Each of the records must appear again, exactly as it was written.

===== Entries shown =====

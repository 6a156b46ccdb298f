//! `Payment`, as `types.txt` lists it. Written by tools/new-type.
ghost use Rattle.std.specs.Prelude.{◌≡◌};
ghost use Rattle.web_codec.specs.Answers.{Answers};
ghost use Rattle.test_types.specs.Payment.{name_of_payment, payment_field};

use serde_json::Value;
use std::alloc::Global;
use web_codec::{ReadData, ReadFault, ReadField, ReadPairs, WriteData, WriteField, only_field};
use web_texts::{Fail, NoMemory, Pair};

/// How an order is paid.
#[derive(Clone, Copy, Debug, PartialEq, Eq)]
pub enum Payment {
    /// `cash`.
    Cash,
    /// `by-card`.
    ByCard,
    /// `later`.
    Later,
}

impl Payment {
    /// The name that stands for it.
    pub fn as_str(&self) -> &'static str
        ensures { result.now ≡ name_of_payment self.now }
    {
        match self {
            Payment::Cash => "cash",
            Payment::ByCard => "by-card",
            Payment::Later => "later",
        }
    }
}

/// The one of a name.
fn named_payment(alloc: Global, name: &str) -> Result<Payment, Fail<ReadFault>>
    ensures { Answers (λ x. x ≡ payment_field name.now) result }
{
    if name == "cash" {
        return Ok(Payment::Cash);
    }
    if name == "by-card" {
        return Ok(Payment::ByCard);
    }
    if name == "later" {
        return Ok(Payment::Later);
    }
    Err(ReadFault::refusal(alloc, "none of cash, by-card, later"))
}

impl ReadData for Payment {
    ghost use Rattle.test_types.specs.Payment.{payment_of};

    ghost read = { payment_of };

    fn read_data(alloc: Global, value: &Value) -> Result<Payment, Fail<ReadFault>> {
        let Some(name) = value.as_str() else {
            return Err(ReadFault::refusal(alloc, "no text"));
        };
        named_payment(alloc, name)
    }
}

impl WriteData for Payment {
    ghost use Rattle.test_types.specs.Payment.{data_of_payment, payment_no_float};

    ghost written = { data_of_payment };

    ghost no_float = { payment_no_float };

    fn write_data(&self, alloc: Global) -> Result<Value, NoMemory> {
        Ok(Value::from(String::from_str(alloc, self.as_str())?))
    }
}

impl ReadField for Payment {
    ghost use Rattle.test_types.specs.Payment.{payment_field};

    ghost field = { payment_field };

    fn read_field(alloc: Global, text: &str) -> Result<Payment, Fail<ReadFault>> {
        named_payment(alloc, text)
    }
}

impl ReadPairs for Payment {
    ghost use Rattle.std.specs.Prelude.{◌≡◌};
    ghost use Rattle.web_codec.specs.FieldReaders.{only_field};
    ghost use Rattle.test_types.specs.Payment.{payment_field};

    ghost reads_pairs = { λ pairs x. x ≡ only_field payment_field pairs };

    fn read_pairs(alloc: Global, pairs: &[Pair]) -> Result<Payment, Fail<ReadFault>> {
        only_field(alloc, pairs)
    }
}

impl WriteField for Payment {
    ghost use Rattle.test_types.specs.Payment.{texts_of_payment};

    ghost texts = { texts_of_payment };

    fn write_field(
        &self,
        alloc: Global,
        name: &str,
        pairs: &mut Vec<Pair>,
    ) -> Result<(), NoMemory> {
        pairs.push(Pair::new(alloc, name, self.as_str())?)?;
        Ok(())
    }
}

=====

Exercise answer:
repository 6a156b46ccdb298f
//! `Payment`, as `types.txt` lists it. Written by tools/new-type.
ghost use Rattle.std.specs.Prelude.{◌≡◌};
ghost use Rattle.web_codec.specs.Answers.{Answers};
ghost use Rattle.test_types.specs.Payment.{name_of_payment, payment_field};

use serde_json::Value;
use std::alloc::Global;
use web_codec::{ReadData, ReadFault, ReadField, ReadPairs, WriteData, WriteField, only_field};
use web_texts::{Fail, NoMemory, Pair};

/// How an order is paid.
#[derive(Clone, Copy, Debug, PartialEq, Eq)]
pub enum Payment {
    /// `cash`.
    Cash,
    /// `by-card`.
    ByCard,
    /// `later`.
    Later,
}

impl Payment {
    /// The name that stands for it.
    pub fn as_str(&self) -> &'static str
        ensures { result.now ≡ name_of_payment self.now }
    {
        match self {
            Payment::Cash => "cash",
            Payment::ByCard => "by-card",
            Payment::Later => "later",
        }
    }
}

/// The one of a name.
fn named_payment(alloc: Global, name: &str) -> Result<Payment, Fail<ReadFault>>
    ensures { Answers (λ x. x ≡ payment_field name.now) result }
{
    if name == "cash" {
        return Ok(Payment::Cash);
    }
    if name == "by-card" {
        return Ok(Payment::ByCard);
    }
    if name == "later" {
        return Ok(Payment::Later);
    }
    Err(ReadFault::refusal(alloc, "none of cash, by-card, later"))
}

impl ReadData for Payment {
    ghost use Rattle.test_types.specs.Payment.{payment_of};

    ghost read = { payment_of };

    fn read_data(alloc: Global, value: &Value) -> Result<Payment, Fail<ReadFault>> {
        let Some(name) = value.as_str() else {
            return Err(ReadFault::refusal(alloc, "no text"));
        };
        named_payment(alloc, name)
    }
}

impl WriteData for Payment {
    ghost use Rattle.test_types.specs.Payment.{data_of_payment, payment_no_float};

    ghost written = { data_of_payment };

    ghost no_float = { payment_no_float };

    fn write_data(&self, alloc: Global) -> Result<Value, NoMemory> {
        Ok(Value::from(String::from_str(alloc, self.as_str())?))
    }
}

impl ReadField for Payment {
    ghost use Rattle.test_types.specs.Payment.{payment_field};

    ghost field = { payment_field };

    fn read_field(alloc: Global, text: &str) -> Result<Payment, Fail<ReadFault>> {
        named_payment(alloc, text)
    }
}

impl ReadPairs for Payment {
    ghost use Rattle.std.specs.Prelude.{◌≡◌};
    ghost use Rattle.web_codec.specs.FieldReaders.{only_field};
    ghost use Rattle.test_types.specs.Payment.{payment_field};

    ghost reads_pairs = { λ pairs x. x ≡ only_field payment_field pairs };

    fn read_pairs(alloc: Global, pairs: &[Pair]) -> Result<Payment, Fail<ReadFault>> {
        only_field(alloc, pairs)
    }
}

impl WriteField for Payment {
    ghost use Rattle.test_types.specs.Payment.{texts_of_payment};

    ghost texts = { texts_of_payment };

    fn write_field(
        &self,
        alloc: Global,
        name: &str,
        pairs: &mut Vec<Pair>,
    ) -> Result<(), NoMemory> {
        pairs.push(Pair::new(alloc, name, self.as_str())?)?;
        Ok(())
    }
}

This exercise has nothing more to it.